CLAYTON, N.C. — Novo Nordisk, a Danish pharmaceutical giant, has broken ground on a 1.4 million-square-foot manufacturing facility in the Raleigh suburb of Clayton. The drugmaker plans to invest $4.1 billion in the development in order to boost the production of diabetes treatment Ozempic, weight loss drug Wegovy and other injectable therapies. Operations at the 56-acre site will include filling and packaging syringes and injection pens.
According to CNBC, the demand for Wegovy and Ozempic has outstripped supply in the United States over the past year.
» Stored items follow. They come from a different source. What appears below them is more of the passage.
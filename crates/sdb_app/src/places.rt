//! Placing the namespaces of a script.
ghost use Rattle.std.specs.Prelude.{◌≡◌, ◌<◌, ◌++◌, ◌∷◌, [], ℕ, length, Some, None, IsSome, OnOk, slice_get};
ghost use Rattle.sdb_stores.specs.Views.{names_of, place_of, route_of};
ghost use Rattle.sdb_app.specs.Run.{CanBePlaced};

use sdb_model::{Place, Places};
use sdb_stores::{PlaceRefused, Registry};
use sdb_types::{Duplicate, NoMemory};

// The i-th place.
fn place_at(places: &Places, i: usize) -> &Place
    requires { i < length places.now }
    ensures { slice_get places.now i ≡ Some result.now }
{
    match places.at(i) {
        Some(place) => place,
        None => unreachable!(),
    }
}

// Places one namespace, which has none yet, on a store that is attached.
fn place<R: Registry>(stores: &mut R, place: &Place) -> Result<(), NoMemory>
    requires attached { IsSome (place_of place.now.store (names_of (R.state stores.old).views)) }
    requires free { route_of place.now.ns (R.state stores.old).places ≡ None }
    ensures places { OnOk result ((R.state stores.new).places ≡ (R.state stores.old).places ++ place.now ∷ []) }
    ensures stores { (R.state stores.new).views ≡ (R.state stores.old).views }
    ensures where_known { (i : ℕ) → (R.state stores.old).known i → (R.state stores.new).known i }
{
    match stores.place(place.ns.copy()?, &place.store) {
        Ok(()) => Ok(()),
        Err(PlaceRefused::NoMemory) => Err(NoMemory),
        Err(PlaceRefused::NoStore) => unreachable!(),
        Err(PlaceRefused::AlreadyPlaced) => unreachable!(),
    }
}

/// Places the namespaces of a script, where none has a place yet.
pub fn route_all<R: Registry>(stores: &mut R, places: &Places) -> Result<(), NoMemory>
    requires none { (R.state stores.old).places ≡ [] }
    requires fit { CanBePlaced (names_of (R.state stores.old).views) places.now }
    ensures places { OnOk result ((R.state stores.new).places ≡ places.now) }
    ensures stores { (R.state stores.new).views ≡ (R.state stores.old).views }
    ensures where_known { (i : ℕ) → (R.state stores.old).known i → (R.state stores.new).known i }
{
    for i in 0..places.len() {
        place(stores, place_at(places, i))?;
    }
    Ok(())
}
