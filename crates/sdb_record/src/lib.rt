//! Transactional records: their metadata, what a transaction writes, and the committed image of a record.
#![tactic(auto)]

mod access;
mod coordinator;
mod groups;
pub mod laws;
mod meta;
mod moved;
mod part;
mod roll;
mod row;
mod write;

pub use access::{Access, Image, Images, Read, Reads, Scan, Scans};
pub use coordinator::{Decided, Decision};
pub use groups::{Groups, grouped};
pub use meta::{Meta, MetaRefused, meta_of};
pub use moved::{condition_of, has_version, is_same_version, is_unchanged, version_of, writer_of};
pub use part::is_user_name;
pub use roll::{
    Back, committed, committed_image, has_state, is_tombstone, prepared, rolled_back,
    rolled_forward,
};
pub use row::{
    coordinator_key, coordinator_row, coordinator_table, decision_of, decision_row, expired,
    id_of_row, is_coordinator,
};
pub use write::{Change, Changes, Keyed, Write, Writes};
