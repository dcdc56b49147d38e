//! What a transaction writes.
ghost use Rattle.std.specs.Prelude.{◌≡◌, IfOk};

use sdb_types::{Columns, Duplicate, Key, NoMemory, Record, Seq};

/// What becomes of a key: a row with these user columns, or none.
#[derive(Debug, PartialEq, Eq)]
pub enum Change {
    Row(Columns),
    Delete,
}

// By hand: each drop is then one call, where a derived one is written out at each exit, with a call for each field.
impl Drop for Change {
    fn drop(self) {
        match self {
            Change::Row(_) => {}
            Change::Delete => {}
        }
    }
}

/// A change of a key.
#[derive(Debug, PartialEq, Eq)]
pub struct Keyed {
    pub key: Key,
    pub change: Change,
}

// By hand: each drop is then one call, where a derived one is written out at each exit, with a call for each field.
impl Drop for Keyed {
    fn drop(self) {
        let Keyed { key: _, change: _ } = self;
    }
}

impl Keyed {
    /// The key, and what becomes of it.
    pub fn into_parts(self) -> (Key, Change)
        ensures { result ≡ (self.key, self.change) }
    {
        let Keyed { key, change } = self;
        (key, change)
    }
}

pub type Changes = Seq<Keyed>;

/// A change of a key, with its base: the committed record that was read there, or none.
#[derive(Debug, PartialEq, Eq)]
pub struct Write {
    pub key: Key,
    pub base: Option<Record>,
    pub change: Change,
}

// By hand: each drop is then one call, where a derived one is written out at each exit, with a call for each field.
impl Drop for Write {
    fn drop(self) {
        let Write {
            key: _,
            base: _,
            change: _,
        } = self;
    }
}

pub type Writes = Seq<Write>;

impl Duplicate for Change {
    fn copy(&self) -> Result<Change, NoMemory> {
        match self {
            Change::Row(columns) => Ok(Change::Row(columns.copy()?)),
            Change::Delete => Ok(Change::Delete),
        }
    }
}

impl Duplicate for Keyed {
    fn copy(&self) -> Result<Keyed, NoMemory> {
        Ok(Keyed {
            key: self.key.copy()?,
            change: self.change.copy()?,
        })
    }
}

impl Duplicate for Write {
    fn copy(&self) -> Result<Write, NoMemory> {
        Ok(Write {
            key: self.key.copy()?,
            base: self.base.copy()?,
            change: self.change.copy()?,
        })
    }
}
The disparity has led to “intermittent shortages,” reports the national news outlet.
In 2024 alone, Novo Nordisk is investing $6.8 billion into pharmaceutical production, up from approximately $4 billion last year.
“It took us a century to reach 40 million patients, but through this expansion and continued investment in our global production, we’re building Novo Nordisk’s ability to serve millions more people living with serious chronic diseases in the future,” says Lars Fruergaard Jørgensen, president and CEO of Novo Nordisk. “This is yet another real signal of our efforts to scale up our production to meet the growing global need for our life-changing medicines and the patients of tomorrow.”
The expansion project will double the combined square footage of all three of Novo Nordisk’s current facilities in North Carolina, including its two existing facilities in Clayton. The company delivered its first Clayton facility in 1993 and its second across the street in 2016. Butch Lawter, chair of the Johnston County Board of Commissioners, says the latter property set the North Carolina record for largest life sciences investment at the time, and the new project breaks the state record again.
The Raleigh-Durham area has become an East Coast hub for life sciences projects. Known as the Research Triangle due to the largest research park in the country, Research Triangle Park, the region houses global pharmaceutical companies such as Pfizer and Eli Lilly.
The Clayton project is slated to create 1,000 jobs in addition to the nearly 2,500 Novo Nordisk employees currently employed in the region. The company also estimates that 2,000 contractors will be employed at the height of the facility’s construction, which is scheduled for delivery in phases between 2027 and 2029. Early clearing and foundational projects are currently underway.
Novo Nordisk aims for the Clayton facility to achieve LEED Gold certification by using sustainable materials and resources, including rooftop solar panels.
In addition to its U.S. base in North Carolina, Novo Nordisk has four strategic operations in Denmark, France, Brazil and China. Founded in 1923, the company produces roughly half of the global supply of insulin, as well as glucagon-like peptide 1 (GLP-1) medicines to treat diabetes and obesity and medicines to treat rarer diseases including hemophilia and growth disorders. Novo Nordisk currently has 20,000 employees globally in its manufacturing unit and 66,000 company-wide in 80 countries.